— Exercise —
Find the lines of data that contain the string "record", then list them.

══════════════════════════════

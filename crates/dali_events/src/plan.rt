ghost use Rattle.std.specs.Prelude.{◌≡◌, ◌==◌, ◌≤◌, length, map, nat_lt, false, Some, None, IfOk, IfErr, replicate};
ghost use Rattle.std.specs.List.{list_any};
ghost use Rattle.dali_gear.specs.Gear.{fresh};
ghost use Rattle.dali_events.specs.Used.{with_used};
ghost use Rattle.dali_events.specs.Plan.{Plan, any_pair, is_misordered, overlap, refusal_of, refusal_number, block_of};
ghost use Rattle.dali_events.specs.Plan.{used_refusal_of};

use crate::used::{Mark, Used, all_short, some_drawn, some_share, some_too_large, some_unknown};
use dali_frame::{Random24, Short};
use dali_gear::Row;
use dali_script::Block;
use std::alloc::{AllocError, Global};
use std::marker::Model;
use thiserror::Error;

/// How many gear a bus has at the most.
pub const GEAR_LIMIT: u32 = 128;

/// How many controllers share a bus at the most.
pub const CONTROLLER_LIMIT: usize = 4;

/// How many numbers a plan may give to be drawn.
pub const DRAW_LIMIT: usize = 1024;

/// Why a plan is refused. The numbers never change. The first cause that holds is answered, in the order of the
/// variants, but want of memory comes last.
#[derive(Clone, Copy, Debug, PartialEq, Eq, Error)]
pub enum PlanError {
    /// 1: there is too little memory.
    #[error("NoMemory")]
    NoMemory,
    /// 2: the number of gear is not 1 to 128.
    #[error("GearCount")]
    GearCount,
    /// 3: the number of controllers is not 1 to 4.
    #[error("ControllerCount")]
    ControllerCount,
    /// 4: a block ends before it begins, or past 63.
    #[error("BlockOrder")]
    BlockOrder,
    /// 5: two blocks share an address.
    #[error("BlockOverlap")]
    BlockOverlap,
    /// 6: a number to be drawn is above `FFFFFE`.
    #[error("DrawTooLarge")]
    DrawTooLarge,
    /// 7: a number to be drawn stands twice.
    #[error("DrawTwice")]
    DrawTwice,
    /// 8: a used gear is none of the site's.
    #[error("UnknownGear")]
    UnknownGear,
    /// 9: a gear stands twice among the used ones.
    #[error("GearTwice")]
    GearTwice,
    /// 10: two used gear have one short address.
    #[error("ShortTwice")]
    ShortTwice,
    /// 11: the random address of a used gear is above `FFFFFE`.
    #[error("RandomTooLarge")]
    RandomTooLarge,
    /// 12: the random address of a used gear is that of another one, or will be drawn.
    #[error("RandomTwice")]
    RandomTwice,
}

impl PlanError {
    /// The refusal's number.
    pub fn number(self) -> u8
        ensures { result ≡ refusal_number self }
    {
        match self {
            PlanError::NoMemory => 1,
            PlanError::GearCount => 2,
            PlanError::ControllerCount => 3,
            PlanError::BlockOrder => 4,
            PlanError::BlockOverlap => 5,
            PlanError::DrawTooLarge => 6,
            PlanError::DrawTwice => 7,
            PlanError::UnknownGear => 8,
            PlanError::GearTwice => 9,
            PlanError::ShortTwice => 10,
            PlanError::RandomTooLarge => 11,
            PlanError::RandomTwice => 12,
        }
    }
}

impl From<AllocError> for PlanError {
    ghost use Rattle.dali_events.specs.declared.plan.PlanError.TheVariants.{NoMemory};

    ghost from_gives = { λ _ e. e ≡ NoMemory };

    fn from(_error: AllocError) -> PlanError {
        PlanError::NoMemory
    }
}

fn is_misordered(blocks: &[(u8, u8)]) -> bool
    ensures { result ≡ list_any is_misordered blocks.now }
{
    blocks.iter().any(|block| block.1 < block.0 || block.1 > 63)
}

fn overlaps(block: (u8, u8), others: &[(u8, u8)]) -> bool
    ensures { result ≡ list_any (overlap block) others.now }
{
    others
        .iter()
        .any(|other| block.0 <= other.1 && other.0 <= block.1)
}

fn some_overlap(blocks: &[(u8, u8)]) -> bool
    ensures { result ≡ any_pair overlap blocks.now }
{
    for (i, block) in blocks.iter().enumerate() {
        if overlaps(*block, &blocks[i + 1..]) {
            return true;
        }
    }
    false
}

fn is_too_large(draws: &[u32]) -> bool
    ensures { result ≡ list_any (λ draw. nat_lt 0xFFFFFE draw) draws.now }
{
    draws.iter().any(|draw| *draw > 0xFFFFFE)
}

/// Looks at all of them, also past the first that is the same: so the compiler takes several at a time.
fn is_among(draw: u32, others: &[u32]) -> bool
    ensures { result ≡ list_any (λ other. draw == other) others.now }
{
    let mut found = false;
    for other in others {
        found |= draw == *other;
    }
    found
}

fn some_twice(draws: &[u32]) -> bool
    ensures { result ≡ any_pair (λ draw other. draw == other) draws.now }
{
    for (i, draw) in draws.iter().enumerate() {
        if is_among(*draw, &draws[i + 1..]) {
            return true;
        }
    }
    false
}

/// Why a plan is refused: the first cause that holds.
fn refusal(gear: u32, blocks: &[(u8, u8)], draws: &[u32]) -> Option<PlanError>
    ensures { result ≡ refusal_of gear blocks.now draws.now }
{
    if gear < 1 || gear > GEAR_LIMIT {
        return Some(PlanError::GearCount);
    }
    if blocks.len() < 1 || blocks.len() > CONTROLLER_LIMIT {
        return Some(PlanError::ControllerCount);
    }
    if is_misordered(blocks) {
        return Some(PlanError::BlockOrder);
    }
    if some_overlap(blocks) {
        return Some(PlanError::BlockOverlap);
    }
    if is_too_large(draws) {
        return Some(PlanError::DrawTooLarge);
    }
    if some_twice(draws) {
        return Some(PlanError::DrawTwice);
    }
    None
}

/// Why used gear are refused to a plan: the first cause that holds.
fn used_refusal(plan: &Plan, used: &[Used]) -> Option<PlanError>
    ensures { result ≡ used_refusal_of plan.now used.now }
{
    if some_unknown(used, plan.gear()) {
        return Some(PlanError::UnknownGear);
    }
    if some_share(used, Mark::Gear) {
        return Some(PlanError::GearTwice);
    }
    if some_share(used, Mark::Short) {
        return Some(PlanError::ShortTwice);
    }
    if some_too_large(used) {
        return Some(PlanError::RandomTooLarge);
    }
    if some_share(used, Mark::Random) {
        return Some(PlanError::RandomTwice);
    }
    if some_drawn(used, plan.draws()) {
        return Some(PlanError::RandomTwice);
    }
    None
}

/// The blocks of short addresses, which end by 63.
fn blocks_of(alloc: Global, blocks: &[(u8, u8)]) -> Result<Vec<Block>, AllocError>
    requires { list_any is_misordered blocks.now ≡ false }
    ensures { IfOk result (λ made. made.items ≡ map block_of blocks.now) }
{
    let mut made = Vec::new(alloc);
    for (first, last) in blocks {
        if let (Some(first), Some(last)) = (Short::of(*first), Short::of(*last)) {
            made.push(Block { first, last })?;
        }
    }
    Ok(made)
}

/// The numbers to be drawn, which have 24 bits.
fn draws_of(alloc: Global, draws: &[u32]) -> Result<Vec<Random24>, AllocError>
    requires { list_any (λ draw. nat_lt 0xFFFFFE draw) draws.now ≡ false }
    ensures { IfOk result (λ made. made.items ≡ draws.now) }
{
    let mut made = Vec::new(alloc);
    for draw in draws {
        if let Some(draw) = Random24::of(*draw) {
            made.push(draw)?;
        }
    }
    Ok(made)
}

/// A site as it is planned: its gear, a block of short addresses for each controller, and the numbers that the gear
/// will draw, in this order.
#[derive(Drop)]
pub struct Plan {
    gear: u32,
    blocks: Vec<Block>,
    draws: Vec<Random24>,
    used: Vec<Used>,
}

impl Model for Plan {
    ghost use Rattle.std.specs.Prelude.{◌≤◌, length};
    ghost use Rattle.dali_events.specs.Plan.{Plan, IsPlan};

    ghost Value = { Plan };

    ghost view = { λ p. record {
      gear = p.gear;
      blocks = p.blocks.items;
      draws = p.draws.items;
      used = p.used.items;
    } };

    ghost invariant = { λ p. IsPlan (record {
      gear = p.gear;
      blocks = p.blocks.items;
      draws = p.draws.items;
      used = p.used.items;
    }) × (1 ≤ p.gear) × (p.gear ≤ 128) × (1 ≤ length p.blocks.items) × (length p.blocks.items ≤ 4)
        × (length p.draws.items ≤ 1024) };
}

impl Plan {
    ghost use Rattle.dali_events.specs.Plan.{Plan, IsPlan, AreUsed, plan_of, refusal_of, IsRefusal};
    ghost use Rattle.dali_events.specs.Plan.{plan_with, used_refusal_of, IsUsedRefusal};

    /// A plan of so many gear, with the first and the last address of each controller's block, and at most 1,024
    /// numbers to be drawn. The first cause of a refusal is answered.
    pub fn new(
        alloc: Global,
        gear: u32,
        blocks: &[(u8, u8)],
        draws: &[u32],
    ) -> Result<Plan, PlanError>
        requires { length draws.now ≤ 1024 }
        ensures ok { IfOk result (λ plan. (refusal_of gear blocks.now draws.now ≡ None)
            × (plan ≡ plan_of gear blocks.now draws.now)) }
        ensures refused { IfErr result (IsRefusal gear blocks.now draws.now) }
    {
        if let Some(error) = refusal(gear, blocks, draws) {
            return Err(error);
        }
        let blocks = blocks_of(alloc, blocks)?;
        let draws = draws_of(alloc, draws)?;
        Ok(Plan {
            gear,
            blocks,
            draws,
            used: Vec::new(alloc),
        })
    }

    /// The plan with these used gear, in place of those that it had. The first cause of a refusal is answered; a
    /// refusal drops the plan.
    pub fn with_used(self, alloc: Global, used: &[Used]) -> Result<Plan, PlanError>
        ensures ok { IfOk result (λ plan. (used_refusal_of self used.now ≡ None) × (plan ≡ plan_with self used.now)) }
        ensures refused { IfErr result (IsUsedRefusal self used.now) }
    {
        if let Some(error) = used_refusal(&self, used) {
            return Err(error);
        }
        all_short(used);
        let used = Vec::from_slice(alloc, used)?;
        let Plan {
            gear,
            blocks,
            draws,
            used: _,
        } = self;
        Ok(Plan {
            gear,
            blocks,
            draws,
            used,
        })
    }

    /// The number of gear, 1 to 128.
    pub fn gear(&self) -> u32
        ensures value { result ≡ self.now.gear }
        ensures least { 1 ≤ self.now.gear }
        ensures most { self.now.gear ≤ 128 }
    {
        self.gear
    }

    /// The block of each controller, 1 to 4 of them.
    pub fn blocks(&self) -> &[Block]
        ensures value { result.now ≡ self.now.blocks }
        ensures least { 1 ≤ length self.now.blocks }
        ensures most { length self.now.blocks ≤ 4 }
    {
        self.blocks.as_slice()
    }

    /// The numbers that will be drawn, in order.
    pub fn draws(&self) -> &[Random24]
        ensures value { result.now ≡ self.now.draws }
        ensures plan { IsPlan self.now }
        ensures few { length self.now.draws ≤ 1024 }
    {
        self.draws.as_slice()
    }

    /// The gear as they are at the start.
    pub fn row(&self) -> Row
        ensures { result ≡ with_used (replicate self.now.gear fresh) self.now.used }
    {
        let mut row = Row::new(self.gear as usize);
        for used in self.used() {
            row.place(used.gear as usize, used.random, used.short);
        }
        row
    }

    /// The used gear: those that come with a short address.
    pub fn used(&self) -> &[Used]
        ensures value { result.now ≡ self.now.used }
        ensures used { AreUsed self.now }
        ensures few { length self.now.used ≤ self.now.gear }
    {
        self.used.as_slice()
    }
}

══════════════════════════════

— Exercise answer —
    ghost view = { λ p. record {
    ghost invariant = { λ p. IsPlan (record {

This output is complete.